Monday, November 28, 2011

Let me be a good animal today

Reading from Monday, November 28, 2011 yoga class

My friend Bev just got back from Florida and was telling me about hermit crabs that she saw while hunting shells on the beach.  It brought to mind the following piece which I just love. 

In Barbara Kingsolver’s book “High Tide in Tucson” and the essay of the same name, she tells the story of Buster, a hermit crab, who was in one of the shells she brought back from the Bahamas for her daughter.  This is what happens when she and her daughter first realized this hermit crab was a stowaway:    
            “The largest, knottiest whelk had begun to move around.  First it extended one long red talon of a leg, tap-tap-tapping like a blind man’s cane…Then came half a dozen more red legs, plus a pair of eyes on stalks, and a purple claw that snapped open and shut in a way that could not mean “We come in Friendship.”   Who could blame this creature?  It had fallen asleep to the sound of the Caribbean tide and awakened on a coffee table in Tucson, Arizona, where the nearest standing water source of any real account was the sewage treatment plant.” 

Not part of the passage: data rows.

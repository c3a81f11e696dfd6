// A frame is sent.

ghost use Rattle.std.specs.Prelude.{◌≡◌, false, [], ◌∷◌};
ghost use Rattle.refusals.specs.Answers.{admitted, settled};
ghost use Rattle.refusals.specs.Questions.{question, first_no};
ghost use Rattle.refusals.specs.Ranges.{frame_size_ok};
ghost use Rattle.sender.specs.State.{keeps_the_rule};
ghost use Rattle.sender.specs.Sent.{opened, sent_refusal, sent_of};

use crate::SenderState;
use refusals::questions::Questions;
use refusals::ranges::{counter_u64_ok, frame_size_ok};
use refusals::refusal::Refused;

impl SenderState {
    // The first frame of an interval is its start.
    #[tactic(auto, unfolding(crate::specs::Sent::opened))]
    fn open(self, counter: u64, timestamp: u32) -> SenderState
        ensures { result ≡ opened self counter timestamp }
    {
        if self.interval_has_data {
            self
        } else {
            SenderState {
                interval_start_counter: counter,
                interval_start_timestamp: timestamp,
                interval_has_data: true,
                ..self
            }
        }
    }

    // The first question that refuses the frame, where one does: if it is neither the rule nor the size, it is the counters.
    #[tactic(auto, unfolding(refusals::specs::Questions::first_no, refusals::specs::Questions::asked))]
    fn sent_no(self, bytes: usize) -> Result<(), Refused<SenderState>>
        ensures { result ≡ admitted (first_no (question 1 (keeps_the_rule self) ∷ question 3 (frame_size_ok bytes) ∷ question 10 false ∷ [])) self }
    {
        let mut q = Questions::all_yes();
        q.state = self.keeps_rule();
        q.frame_size = frame_size_ok(bytes);
        q.counters = false;
        q.admit(self)
    }

    // The questions of a frame. The tests stand in the order in which the compiler makes each a compare and a branch: the bytes' sum is then its own test.
    #[tactic(auto, unfolding(crate::specs::Sent::sent_refusal, refusals::specs::Questions::first_no, refusals::specs::Answers::admitted))]
    fn admit_sent(self, bytes: usize) -> Result<(), Refused<SenderState>>
        ensures { result ≡ admitted (sent_refusal self bytes) self }
    {
        if !self.keeps_rule() {
            return self.sent_no(bytes);
        }
        if !counter_u64_ok(self.cumulative_bytes_sent, bytes as u64) {
            return self.sent_no(bytes);
        }
        if !frame_size_ok(bytes) {
            return self.sent_no(bytes);
        }
        if !counter_u64_ok(self.cumulative_packets_sent, 1) {
            return self.sent_no(bytes);
        }
        Ok(())
    }

    // Records a frame sent: its counter, its session-relative timestamp in ms and its size.
    #[tactic(auto, unfolding(crate::specs::Sent::sent_of, crate::specs::Sent::sent, crate::specs::Sent::opened, crate::specs::Sent::sent_refusal, refusals::specs::Questions::first_no, refusals::specs::Answers::settled, refusals::specs::Answers::admitted))]
    pub fn record_sent(
        self,
        counter: u64,
        timestamp: u32,
        bytes: usize,
    ) -> Result<SenderState, Refused<SenderState>>
        ensures { result ≡ settled (sent_of self counter timestamp bytes) }
    {
        self.admit_sent(bytes)?;
        let opened = self.open(counter, timestamp);
        Ok(SenderState {
            last_counter: counter,
            last_timestamp: timestamp,
            interval_bytes_sent: opened.interval_bytes_sent.saturating_add(bytes as u32),
            cumulative_packets_sent: opened.cumulative_packets_sent + 1,
            cumulative_bytes_sent: opened.cumulative_bytes_sent + bytes as u64,
            ..opened
        })
    }
}
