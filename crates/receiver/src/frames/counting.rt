// The counting half of a frame.

ghost use Rattle.std.specs.Prelude.{◌≡◌, ◌+◌, ◌<◌, ◌^◌};
ghost use Rattle.receiver.specs.Frames.{Room, reorders_after, marked_after, late_by, counted, counters_ok};

use crate::ReceiverState;
use gaps::Arrival;
use refusals::ranges::counter_u64_ok;

// One more where the counter is below the highest: out of order.
#[tactic(auto, unfolding(crate::specs::Frames::reorders_after))]
fn reorders_after(reorders: u64, highest: u64, counter: u64) -> u64
    requires { reorders + 1 < 2 ^ 64 }
    ensures { result ≡ reorders_after reorders highest counter }
{
    if counter < highest {
        reorders + 1
    } else {
        reorders
    }
}

// One more where the frame is marked CE.
#[tactic(auto, unfolding(crate::specs::Frames::marked_after))]
fn marked_after(count: u32, ce_flag: bool) -> u32
    ensures { result ≡ marked_after count ce_flag }
{
    if ce_flag {
        count.saturating_add(1)
    } else {
        count
    }
}

// How far behind the frame is, 0 where it is not.
fn late_by(arrival: Arrival) -> u64
    ensures { result ≡ late_by arrival }
{
    match arrival {
        Arrival::Behind(late) => late,
        Arrival::First | Arrival::InSequence | Arrival::Gap(_) => 0,
    }
}

impl ReceiverState {
    // Interval and cumulative counts, reordering, loss bursts, lateness and ECN.
    #[tactic(auto, unfolding(crate::specs::Frames::counted))]
    pub(crate) fn count(self, counter: u64, bytes: u32, ce_flag: bool) -> ReceiverState
        requires { Room self bytes }
        ensures { result ≡ counted self counter bytes ce_flag }
    {
        let seen = self.gap_tracker.observe_unchecked(counter);
        ReceiverState {
            interval_has_data: true,
            cumulative_packets_recv: self.cumulative_packets_recv + 1,
            cumulative_bytes_recv: self.cumulative_bytes_recv + u64::from(bytes),
            interval_packets_recv: self.interval_packets_recv.saturating_add(1),
            interval_bytes_recv: self.interval_bytes_recv.saturating_add(bytes),
            cumulative_reorder_count: reorders_after(
                self.cumulative_reorder_count,
                self.highest_counter,
                counter,
            ),
            highest_counter: self.highest_counter.max(counter),
            gap_tracker: seen.tracker,
            ecn_ce_count: marked_after(self.ecn_ce_count, ce_flag),
            interval_max_lateness: self.interval_max_lateness.max(late_by(seen.arrival)),
            ..self
        }
    }

    // Question 10: lifetime packets and bytes, and the bursts where this frame begins one.
    pub(crate) fn counters_ok(self, counter: u64, bytes: u64) -> bool
        ensures { result ≡ counters_ok self counter bytes }
    {
        counter_u64_ok(self.cumulative_packets_recv, 1)
            & counter_u64_ok(self.cumulative_bytes_recv, bytes)
            & self.gap_tracker.bursts_ok(counter)
    }
}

They gave Buster a terrarium with clean gravel, a small cactus and a big shell with tap water.  All this suited Buster just fine.  Then they noticed he would be still, not moving for days, to the point that they thought he might be dead or depressed.  Then… there were days he went into hyperactivity turning over rocks, dragging around a truly disgusting pork chop bone.  She wondered if Buster might be responding to the moon, but the full moon didn’t shine on either end of the high or low activity.  She remembers when she was a graduate student of animal behavior… reading about animals’ internal clocks.  One study was of intertidal oysters that a researcher scooped up on the coast of Connecticut and moved to a basement lab in Chicago.  It was found that the oysters were responding to high tide in Chicago, even though Chicago has no ocean… the oysters were doing their best, just as Buster was doing his best to the “High Tide in Tucson.”   

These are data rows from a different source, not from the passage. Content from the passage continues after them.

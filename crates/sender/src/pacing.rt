// The report interval from the smoothed round trip, and when a report is due. A receiver's pacing is its twin but for the multiple and the last report's form. One trait
// for both would be no plainer: it would have to be told the rule, the fields and the record with new ones, by a law each.

ghost use Rattle.std.specs.Prelude.{◌≡◌, ◌≤◌};
ghost use Rattle.refusals.specs.Answers.{settled, told};
ghost use Rattle.refusals.specs.Ranges.{max_clock};
ghost use Rattle.sender.specs.Pacing.{paced_at, from_srtt_of, with_bounds_of, is_due, should_send_of};

use crate::SenderState;
use crate::backoff::backoff_of;
use pace::Pace;
use refusals::questions::Questions;
use refusals::ranges::clock_ok;
use refusals::refusal::{Refusal, Refused};

// The interval in round trips.
const SRTT_MULTIPLE: u8 = 2;

impl SenderState {
    // In the record the two are fields of its own: it is lent to C.
    fn pace(self) -> Pace
        ensures { result ≡ record { report_interval_ms = self.report_interval_ms; srtt_sample_count = self.srtt_sample_count } }
    {
        Pace {
            report_interval_ms: self.report_interval_ms,
            srtt_sample_count: self.srtt_sample_count,
        }
    }

    fn paced_at(self, pace: Pace) -> SenderState
        ensures { result ≡ paced_at self pace.report_interval_ms pace.srtt_sample_count }
    {
        SenderState {
            report_interval_ms: pace.report_interval_ms,
            srtt_sample_count: pace.srtt_sample_count,
            ..self
        }
    }

    // The interval from SRTT, between the link layer's bounds. The update is counted, and the first few have a lower floor.
    #[tactic(auto, unfolding(crate::specs::Pacing::from_srtt_of, pace::specs::Updates::paced, pace::specs::Updates::from_srtt, pace::specs::Updates::updated, refusals::specs::Answers::answered, refusals::specs::Answers::settled))]
    pub fn update_report_interval_from_srtt(
        self,
        srtt_us: i64,
    ) -> Result<SenderState, Refused<SenderState>>
        ensures { result ≡ settled (from_srtt_of self srtt_us) }
    {
        self.pace()
            .from_srtt(self.keeps_rule(), SRTT_MULTIPLE, srtt_us)
            .map(|pace| self.paced_at(pace))
            .map_err(|refusal| Refused {
                refusal,
                state: self,
            })
    }

    // The interval from SRTT, between bounds of the caller's.
    #[tactic(auto, unfolding(crate::specs::Pacing::with_bounds_of, pace::specs::Updates::paced, pace::specs::Updates::with_bounds, pace::specs::Updates::updated, refusals::specs::Answers::answered, refusals::specs::Answers::settled))]
    pub fn update_report_interval_with_bounds(
        self,
        srtt_us: i64,
        min_ms: u64,
        max_ms: u64,
    ) -> Result<SenderState, Refused<SenderState>>
        ensures { result ≡ settled (with_bounds_of self srtt_us min_ms max_ms) }
    {
        self.pace()
            .with_bounds(self.keeps_rule(), SRTT_MULTIPLE, srtt_us, min_ms, max_ms)
            .map(|pace| self.paced_at(pace))
            .map_err(|refusal| Refused {
                refusal,
                state: self,
            })
    }

    // Frames have been sent, and the effective interval has passed since the last report, if there was one.
    #[tactic(auto, unfolding(crate::specs::Pacing::is_due, crate::specs::Backoff::backoff))]
    fn due(self, now_ms: u64) -> bool
        requires { self.report_interval_ms ≤ max_clock }
        ensures { result ≡ is_due self now_ms }
    {
        let effective_ms = self.report_interval_ms * backoff_of(self.consecutive_send_failures);
        let since_ms = now_ms.saturating_sub(self.last_report_ms);
        self.interval_has_data & (!self.has_last_report | (effective_ms <= since_ms))
    }

    // Whether it is time to send a report.
    #[tactic(auto, unfolding(crate::specs::Pacing::should_send_of, crate::specs::Reports::report_refusal, refusals::specs::Questions::first_no, refusals::specs::Questions::asked, refusals::specs::Answers::answered, refusals::specs::Answers::answer, crate::specs::State::keeps_the_rule))]
    pub fn should_send_report(self, now_ms: u64) -> Result<bool, Refusal>
        ensures { result ≡ told (should_send_of self now_ms) }
    {
        let mut q = Questions::all_yes();
        q.state = self.keeps_rule();
        q.clocks = clock_ok(now_ms);
        q.first_no()?;
        Ok(self.due(now_ms))
    }
}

She goes on to say:  “In my life I’ve had frightening losses and unfathomable gifts:  A knife in my stomach, the death of an unborn child, sunrise in a rainforest, a stupendous column of blue butterflies rising from a Greek monastery, a car that spontaneously caught fire while I was driving it, the end of a marriage, followed by a year in which I could barely understand how to keep living.  It is the way life goes… you stand your ground… just as I did when I fought off the knife, mourned the lost child, bore witness to the rainforest, claimed the blue butterflies as Holy Spirit, got out of the burning car, survived the divorce by putting one foot in front of the other and taking good care of my child.  On most important occasions, I cannot think HOW to respond, I simply DO.  What does it mean, anyway to be an animal in human clothing?  We carry around these big brains of ours like the crown jewels, but mostly I find that millions of years of evolution have prepared me for one thing only:  to follow internal rhythms.”

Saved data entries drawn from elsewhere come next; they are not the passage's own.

// The sampling half of a frame: jitter, the one-way delay trend and what the timestamp echo reads.

ghost use Rattle.std.specs.Prelude.{◌≡◌, set};
ghost use Rattle.samples.specs.Delay.{age_of, delay_of};
ghost use Rattle.receiver.specs.Frames.{timing_sampled, echo_if_sampled, pushes, with_sample, slot_for, times_after, delays_after};

use crate::ReceiverState;
use samples::delay::{base_of_unchecked, sample_owd_unchecked};
use samples::transit::{in_grace, jitter_after_unchecked};

impl ReceiverState {
    // A frame that moves no figure: in grace it still moves the echo, and not sampled it moves nothing.
    #[tactic(auto, unfolding(crate::specs::Frames::echo_if_sampled))]
    fn echo_if_sampled(self, timestamp: u32, now_ms: u64, sampled: bool) -> ReceiverState
        ensures { result ≡ echo_if_sampled self timestamp now_ms sampled }
    {
        if sampled {
            ReceiverState {
                last_sender_timestamp: timestamp,
                last_recv_ms: Some(now_ms),
                ..self
            }
        } else {
            self
        }
    }

    // A frame out of grace moves all three, and clears an expired grace.
    #[tactic(auto, unfolding(crate::specs::Frames::slot_for, samples::specs::Delay::delay_of, samples::specs::Delay::age_of, crate::specs::Frames::timing_sampled))]
    fn sample_timing(
        self,
        times: &mut [u32],
        delays: &mut [i64],
        timestamp: u32,
        now_ms: u64,
    ) -> ReceiverState
        ensures answer { result ≡ timing_sampled self timestamp now_ms }
        ensures times { times.new ≡ set times.old (slot_for self now_ms) (age_of self.owd_ref timestamp now_ms) }
        ensures delays { delays.new ≡ set delays.old (slot_for self now_ms) (delay_of self.owd_ref timestamp now_ms) }
    {
        ReceiverState {
            jitter: jitter_after_unchecked(
                self.jitter,
                self.last_recv_ms,
                self.last_sender_timestamp,
                timestamp,
                now_ms,
            ),
            owd_trend: sample_owd_unchecked(
                self.owd_trend,
                self.owd_ref,
                times,
                delays,
                timestamp,
                now_ms,
            ),
            owd_ref: Some(base_of_unchecked(self.owd_ref, now_ms, timestamp)),
            rekey_jitter_grace_until_ms: None,
            last_sender_timestamp: timestamp,
            last_recv_ms: Some(now_ms),
            ..self
        }
    }

    // Whether the frame pushes a sample: it is sampled, and out of grace.
    #[tactic(auto, unfolding(crate::specs::Frames::pushes))]
    fn pushes(self, now_ms: u64, sampled: bool) -> bool
        ensures { result ≡ pushes self now_ms sampled }
    {
        sampled & !in_grace(self.rekey_jitter_grace_until_ms, now_ms)
    }

    #[tactic(auto, unfolding(crate::specs::Frames::with_sample, crate::specs::Frames::delays_after, crate::specs::Frames::times_after))]
    pub(crate) fn sample(
        self,
        times: &mut [u32],
        delays: &mut [i64],
        timestamp: u32,
        now_ms: u64,
        sampled: bool,
    ) -> ReceiverState
        ensures answer { result ≡ with_sample self timestamp now_ms sampled }
        ensures times { times.new ≡ times_after self times.old timestamp now_ms sampled }
        ensures delays { delays.new ≡ delays_after self delays.old timestamp now_ms sampled }
    {
        if self.pushes(now_ms, sampled) {
            self.sample_timing(times, delays, timestamp, now_ms)
        } else {
            self.echo_if_sampled(timestamp, now_ms, sampled)
        }
    }
}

She went backpacking in the Eagle Tail Mountains in western Arizona where they warn you to carry enough water to keep you alive until you can find another water source—drink your water while you’re alive, it won’t help later.  She found a “tinaja”… a deep, shaded, hollow in the rock about the size of four or five bathtubs, holding water.  On either side of this natural water tank, two shallow caves in the canyon wall faced each other only a few dozen steps apart.  You could stay here in shady comfort all day… and she did, taking in all that was around her… 2 grinding stones, flint chips and pottery shards, bees humming around the water, red tail hawks flying overhead, bighorn sheep…trying to imagine, that long ago people lived here because this place had all they needed to survive…shelter, food and permanent water.   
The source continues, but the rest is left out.